The Goal of this is to select the i'th smallest number in an unsorted array.

Motivation

Calculating the \(n'th\) place of winners in a race with unsorted arrays of time, or finding the median from disorganised data.

Basic Solution

Pick a pivot element \(p\). Partition the array around \(p\). Push elements smaller than \(p\) to its left and larger than \(p\). Suppose the desired position is \(i\), and the median ends up at \(j\) after arranging the partitions.
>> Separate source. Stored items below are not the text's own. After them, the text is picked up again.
ghost use Rattle.std.specs.Prelude.{◌≡◌, ◌⊎◌, IsTrue, ◌↔◌};
ghost use Rattle.clause_form.specs.Covers.{AreComplementary, Denies, HasOne, IsAbsurd, IsSameAtom, IsTrivial, negated};

use crate::clause::{AtomOf, Clause, Lit};
use fof_terms::{equal_term, equal_terms};

/// Whether the atoms are the same up to the sides of an equation.
pub fn same_atoms(left: &AtomOf, right: &AtomOf) -> bool
    ensures { IsTrue result ↔ IsSameAtom left.now right.now }
{
    match left {
        AtomOf::Pred(symbol, args) => match right {
            AtomOf::Pred(other, others) => *symbol == *other
                && equal_terms(args.as_slice(), others.as_slice()),
            _ => false,
        },
        AtomOf::Eq(first, second) => match right {
            AtomOf::Eq(third, fourth) => {
                if equal_term(first, third) && equal_term(second, fourth) {
                    return true;
                }
                equal_term(second, third) && equal_term(first, fourth)
            }
            _ => false,
        },
        AtomOf::True => matches!(right, AtomOf::True),
        AtomOf::False => matches!(right, AtomOf::False),
    }
}

/// Whether the literal of this atom and sign is false by its form.
pub fn denies(atom: &AtomOf, positive: bool) -> bool
    ensures { IsTrue result ↔ Denies atom.now positive }
{
    match atom {
        AtomOf::Pred(_, _) => false,
        AtomOf::Eq(left, right) => !positive && equal_term(left, right),
        AtomOf::True => !positive,
        AtomOf::False => positive,
    }
}

/// Whether one is positive, one negative, with the same atom up to the sides of an equation.
pub fn are_complementary(left: &Lit, right: &Lit) -> bool
    ensures { IsTrue result ↔ AreComplementary left.now right.now }
{
    left.positive != right.positive && same_atoms(&left.atom, &right.atom)
}

/// Whether one of the literals is true by its form.
fn has_truth(lits: &[Lit]) -> bool
    ensures { IsTrue result ↔ HasOne (λ l. IsAbsurd (negated l)) lits.now }
{
    for lit in lits {
        if denies(&lit.atom, !lit.positive) {
            return true;
        }
    }
    false
}

/// Whether one of the literals is complementary to this one.
fn has_opposite(lits: &[Lit], to: &Lit) -> bool
    ensures { IsTrue result ↔ HasOne (AreComplementary to.now) lits.now }
{
    for lit in lits {
        if are_complementary(to, lit) {
            return true;
        }
    }
    false
}

/// Whether two of the literals are complementary.
fn has_opposites(lits: &[Lit]) -> bool
    ensures { IsTrue result ↔ HasOne (λ k. HasOne (AreComplementary k) lits.now) lits.now }
{
    for lit in lits {
        if has_opposite(lits, lit) {
            return true;
        }
    }
    false
}

/// Whether the clause is true by its form.
pub fn is_trivial(clause: &Clause) -> bool
    ensures { IsTrue result ↔ IsTrivial clause.now.lits }
{
    let lits = clause.lits.as_slice();
    if has_truth(lits) {
        return true;
    }
    has_opposites(lits)
}
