ghost use Rattle.std.specs.Prelude.{◌≡◌, ◌<◌, ◌^◌, ◌++◌, ◌∷◌, ◌⊎◌, [], IfOk, OnErr, OnOk, MatchOption, not};
ghost use Rattle.std.specs.List.{list_any};
ghost use Rattle.fof_terms.specs.Sorts.{binder_depth};
ghost use Rattle.clause_form.specs.Norm.{node as node_of, members_of, ends, alone as alone_of, joined_flat};
ghost use Rattle.clause_form.specs.Norm.{signed as signed_of, quantified as quantified_of};

use fof_terms::{Form, SortId, Term, has_variable, instantiate};
use std::alloc::Global;
use tptp_base::{Boxed, List, Memory};

/// And of the formulas, or under minus Or.
pub fn node(positive: bool, members: List<Form>) -> Form
    ensures { result ≡ node_of positive members }
{
    if positive {
        Form::And(members)
    } else {
        Form::Or(members)
    }
}

/// The formula, or under minus its negation.
pub fn signed(alloc: Global, positive: bool, form: Form) -> Result<Form, Memory>
    ensures { IfOk result (λ made. made ≡ signed_of positive form) }
{
    if positive {
        Ok(form)
    } else {
        Ok(Form::Not(Boxed::new(alloc, form)?))
    }
}

/// A quantifier over the body, dropped where its variable doesn't stand in it: All, or under minus Ex.
pub fn quantified(alloc: Global, positive: bool, sort: SortId, body: Form) -> Result<Form, Memory>
    requires { binder_depth body < 2 ^ 32 }
    ensures { IfOk result (λ made. made ≡ quantified_of positive sort body) }
{
    if !has_variable(&body, 0) {
        return instantiate(alloc, &body, &Term::Var(0));
    }
    let body = Boxed::new(alloc, body)?;
    if positive {
        Ok(Form::All(sort, body))
    } else {
        Ok(Form::Ex(sort, body))
    }
}

/// The joined node of formulas none of which is a node of that sign: And, or under minus Or.
pub fn join_flat(alloc: Global, positive: bool, flat: List<Form>) -> Form
    ensures { result ≡ joined_flat positive flat }
{
    if one_ends(positive, flat.as_slice()) {
        return node(!positive, List::new(alloc));
    }
    alone(positive, flat)
}

/// Moves the members of a node of that sign to the end of the list, or the formula itself. Where memory runs out, the
/// list is as it was, or it is empty.
#[tactic(auto, using(crate::proofs::MemberKinds::members_equations))]
pub fn push_members(flat: &mut List<Form>, positive: bool, form: Form) -> Result<(), Memory>
    ensures ok { OnOk result (flat.new ≡ flat.old ++ members_of positive form) }
    ensures err { OnErr result ((flat.new ≡ flat.old) ⊎ (flat.new ≡ [])) }
{
    match form {
        Form::And(inner) => {
            if positive {
                append(flat, inner)?;
            } else {
                flat.push(Form::And(inner))?;
            }
        }
        Form::Or(inner) => {
            if positive {
                flat.push(Form::Or(inner))?;
            } else {
                append(flat, inner)?;
            }
        }
        Form::Atom(symbol, args) => flat.push(Form::Atom(symbol, args))?,
        Form::Eq(left, right) => flat.push(Form::Eq(left, right))?,
        Form::Not(body) => flat.push(Form::Not(body))?,
        Form::Imp(left, right) => flat.push(Form::Imp(left, right))?,
        Form::Iff(left, right) => flat.push(Form::Iff(left, right))?,
        Form::All(sort, body) => flat.push(Form::All(sort, body))?,
        Form::Ex(sort, body) => flat.push(Form::Ex(sort, body))?,
    }
    Ok(())
}

// Moves the formulas to the end of the list. Where memory runs out, nothing is known of what the list has, so it is
// emptied.
fn append(flat: &mut List<Form>, more: List<Form>) -> Result<(), Memory>
    ensures ok { OnOk result (flat.new ≡ flat.old ++ more) }
    ensures err { OnErr result (flat.new ≡ []) }
{
    match flat.append(more) {
        Ok(()) => Ok(()),
        Err(_) => {
            for _ in 0..flat.len() {
                let _ = flat.pop();
            }
            Err(Memory)
        }
    }
}

/// The members of a node of that sign; None for another formula.
#[tactic(auto, using(crate::proofs::MemberKinds::members_equations))]
pub fn own_members(positive: bool, form: &Form) -> Option<&[Form]>
    ensures { MatchOption result (members_of positive form.now ≡ form.now
        ∷ []) (λ inner. (form.now ≡ node_of positive inner.now) × (members_of positive form.now ≡ inner.now)) }
{
    match form {
        Form::And(inner) => {
            if positive {
                Some(inner.as_slice())
            } else {
                None
            }
        }
        Form::Or(inner) => {
            if positive {
                None
            } else {
                Some(inner.as_slice())
            }
        }
        Form::Atom(_, _) => None,
        Form::Eq(_, _) => None,
        Form::Not(_) => None,
        Form::Imp(_, _) => None,
        Form::Iff(_, _) => None,
        Form::All(_, _) => None,
        Form::Ex(_, _) => None,
    }
}

// Whether one of the formulas is falsehood, or under minus truth.
fn one_ends(positive: bool, forms: &[Form]) -> bool
    ensures { result ≡ list_any (ends positive) forms.now }
{
    for form in forms {
        if is_end(positive, form) {
            return true;
        }
    }
    false
}

/// Whether the formula is falsehood, or under minus truth.
#[tactic(auto, using(crate::proofs::MemberKinds::ends_equations))]
pub fn is_end(positive: bool, form: &Form) -> bool
    ensures { result ≡ ends positive form.now }
{
    match form {
        Form::And(inner) => !positive && inner.is_empty(),
        Form::Or(inner) => positive && inner.is_empty(),
        Form::Atom(_, _)
        | Form::Eq(_, _)
        | Form::Not(_)
        | Form::Imp(_, _)
        | Form::Iff(_, _)
        | Form::All(_, _)
        | Form::Ex(_, _) => false,
    }
}

// The node of the members, one alone being itself.
fn alone(positive: bool, flat: List<Form>) -> Form
    ensures { result ≡ alone_of positive flat }
{
    if flat.len() != 1 {
        return node(positive, flat);
    }
    let mut flat = flat;
    match flat.pop() {
        Some(form) => form,
        None => node(positive, flat),
    }
}
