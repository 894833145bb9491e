ghost use Rattle.std.specs.Prelude.{◌≡◌, ◌<◌, ◌≤◌, ◌^◌, ◌∷◌, [], ◌↔◌, IfOk, IsErrOf, map, flat_map, not, true};
ghost use Rattle.fof_terms.specs.Lift.{greatest};
ghost use Rattle.fof_terms.specs.declared.form.Form.{Form as Formula};
ghost use Rattle.fof_terms.specs.Sorts.{binder_depth};
ghost use Rattle.clause_form.specs.Norm.{norm_of, members_of, join as joined};
ghost use Rattle.clause_form.specs.Sizes.{norm_size_of};

use crate::fault::FormFault;
use crate::joining::{join_flat, push_members, quantified, signed};
use crate::sizes::norm_size;
use fof_terms::Form;
use std::alloc::Global;
use tptp_base::{List, Memory};

/// The greatest norm size of a formula that gets a normal form.
pub const MAX_NORM_SIZE: u128 = 100_000;

/// The normal form of the formula. Wide exactly where its norm size is over 100,000.
pub fn norm(alloc: Global, form: &Form) -> Result<Form, FormFault>
    ensures ok { IfOk result (λ made. made ≡ norm_of true form.now) }
    ensures wide { IsErrOf result FormFault.Wide ↔ (100000 < norm_size_of form.now) }
{
    if norm_size(form) > MAX_NORM_SIZE {
        return Err(FormFault::Wide);
    }
    match norm_signed(alloc, form, true) {
        Ok(made) => Ok(made),
        Err(_) => Err(FormFault::Memory),
    }
}

/// The normal form of the formula, or under minus of its negation.
#[cycle(norm_signed)]
#[tactic(auto, using(crate::proofs::NormFacts::norm_equations))]
pub fn norm_signed(alloc: Global, form: &Form, positive: bool) -> Result<Form, Memory>
    requires { binder_depth form.now < 2 ^ 32 }
    ensures { IfOk result (λ made. made ≡ norm_of positive form.now) }
{
    match form {
        Form::Atom(_, _) | Form::Eq(_, _) => signed(alloc, positive, form.copy(alloc)?),
        Form::Not(body) => norm_signed(alloc, body.get(), !positive),
        Form::And(members) => norm_joined(alloc, members.as_slice(), positive, positive),
        Form::Or(members) => norm_joined(alloc, members.as_slice(), positive, !positive),
        Form::Imp(left, right) => {
            let first = norm_signed(alloc, left.get(), !positive)?;
            let flat = first_member(alloc, !positive, first)?;
            let second = norm_signed(alloc, right.get(), positive)?;
            second_member(alloc, !positive, flat, second)
        }
        Form::Iff(left, right) => {
            let first = norm_signed(alloc, left.get(), !positive)?;
            let flat = first_member(alloc, !positive, first)?;
            let second = norm_signed(alloc, right.get(), positive)?;
            let forth = second_member(alloc, !positive, flat, second)?;
            let whole = first_member(alloc, positive, forth)?;
            let third = norm_signed(alloc, left.get(), positive)?;
            let flat = first_member(alloc, !positive, third)?;
            let fourth = norm_signed(alloc, right.get(), !positive)?;
            let back = second_member(alloc, !positive, flat, fourth)?;
            second_member(alloc, positive, whole, back)
        }
        Form::All(sort, body) => {
            let norm = norm_signed(alloc, body.get(), positive)?;
            quantified(alloc, positive, *sort, norm)
        }
        Form::Ex(sort, body) => {
            let norm = norm_signed(alloc, body.get(), positive)?;
            quantified(alloc, !positive, *sort, norm)
        }
    }
}

// The members of the first formula that is joined.
fn first_member(alloc: Global, kind: bool, form: Form) -> Result<List<Form>, Memory>
    ensures { IfOk result (λ flat. flat ≡ members_of kind form) }
{
    let mut flat = List::new(alloc);
    push_members(&mut flat, kind, form)?;
    Ok(flat)
}

// The joined node of two formulas, the first of which gave these members.
fn second_member(alloc: Global, kind: bool, flat: List<Form>, form: Form) -> Result<Form, Memory>
    ensures { IfOk result (λ made. (first : Formula) → flat ≡ members_of kind first
        → made ≡ joined kind (first ∷ form ∷ [])) }
{
    let mut flat = flat;
    push_members(&mut flat, kind, form)?;
    Ok(join_flat(alloc, kind, flat))
}

// The joined node of the normal forms of the formulas, or under minus of their negations.
#[cycle(norm_signed)]
fn norm_joined(alloc: Global, forms: &[Form], positive: bool, kind: bool) -> Result<Form, Memory>
    requires { greatest (map binder_depth forms.now) < 2 ^ 32 }
    ensures { IfOk result (λ made. made ≡ joined kind (map (norm_of positive) forms.now)) }
{
    let mut flat = List::new(alloc);
    for form in forms {
        push_members(&mut flat, kind, norm_signed(alloc, form, positive)?)?;
    }
    Ok(join_flat(alloc, kind, flat))
}
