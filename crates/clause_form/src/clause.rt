ghost use Rattle.std.specs.Prelude.{◌≡◌, IfOk};

use fof_terms::{SortId, SymId, Term, copy_terms};
use std::alloc::Global;
use tptp_base::{List, Memory};

/// What a literal states or denies.
#[derive(Drop)]
pub enum AtomOf {
    Pred(SymId, List<Term>),
    Eq(Term, Term),
    True,
    False,
}

/// An atom or its denial.
#[derive(Drop)]
pub struct Lit {
    pub positive: bool,
    pub atom: AtomOf,
}

/// A disjunction of literals, for all values of its variables. The first sort is that of the outermost variable, the
/// last that of variable 0.
#[derive(Drop)]
pub struct Clause {
    pub sorts: List<SortId>,
    pub lits: List<Lit>,
}

impl AtomOf {
    /// The same atom, in memory of its own.
    pub fn copy(&self, alloc: Global) -> Result<AtomOf, Memory>
        ensures { IfOk result (λ copy. copy ≡ self.now) }
    {
        match self {
            AtomOf::Pred(symbol, args) => Ok(AtomOf::Pred(
                *symbol,
                copy_terms(alloc, args.as_slice())?,
            )),
            AtomOf::Eq(left, right) => Ok(AtomOf::Eq(left.copy(alloc)?, right.copy(alloc)?)),
            AtomOf::True => Ok(AtomOf::True),
            AtomOf::False => Ok(AtomOf::False),
        }
    }
}

impl Lit {
    /// The same literal, in memory of its own.
    pub fn copy(&self, alloc: Global) -> Result<Lit, Memory>
        ensures { IfOk result (λ copy. copy ≡ self.now) }
    {
        Ok(Lit {
            positive: self.positive,
            atom: self.atom.copy(alloc)?,
        })
    }
}

impl Clause {
    /// The same clause, in memory of its own.
    pub fn copy(&self, alloc: Global) -> Result<Clause, Memory>
        ensures { IfOk result (λ copy. copy ≡ self.now) }
    {
        let lits = copy_lits(alloc, self.lits.as_slice())?;
        Ok(Clause {
            sorts: List::from_slice(alloc, self.sorts.as_slice())?,
            lits,
        })
    }
}

/// The same literals, in memory of their own.
pub fn copy_lits(alloc: Global, lits: &[Lit]) -> Result<List<Lit>, Memory>
    ensures { IfOk result (λ copies. copies ≡ lits.now) }
{
    let mut copies = List::new(alloc);
    for lit in lits {
        copies.push(lit.copy(alloc)?)?;
    }
    Ok(copies)
}

/// The same clauses, in memory of their own.
pub fn copy_clauses(alloc: Global, clauses: &[Clause]) -> Result<List<Clause>, Memory>
    ensures { IfOk result (λ copies. copies ≡ clauses.now) }
{
    let mut copies = List::new(alloc);
    for clause in clauses {
        copies.push(clause.copy(alloc)?)?;
    }
    Ok(copies)
}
If \(i = j\) , then the \(p\) is in fact, the desired element. If \(i > j\) , then \(p\) must be to the left of the desired element. So, we will scan to the right of \(p\). If \(i < j\), then \(p\) must be to the right of the desired element. So, we will scan to the left of \(p\).

In the ideal scenario, \(p\) will be the median, allowing us to shorten our search group to half size with \(c.n\) workcload. This will give us a recurrence relation of

\[T(n) = c.n + T(n/2)\]

which evaluates to \(O(n)\). Great! Our job's done, now all we need to do is find the median... uh-oh.

The Paradox

Finding the median in \(O(n)\) time is something that we've taken for granted, and it is unfortunately a non-trivial algorithm. But it is possible! To do so though, we need an algorithm that uses a value other than the median for a pivot.

The New Median Algorithm

There exists a median of "good enough" quality, which gives a 30-70 split in the worst-case scenario. If we use this pivot for partitioning, we can find the \(n/2'th\) element (i.e. the median) in \(O(n)\) time.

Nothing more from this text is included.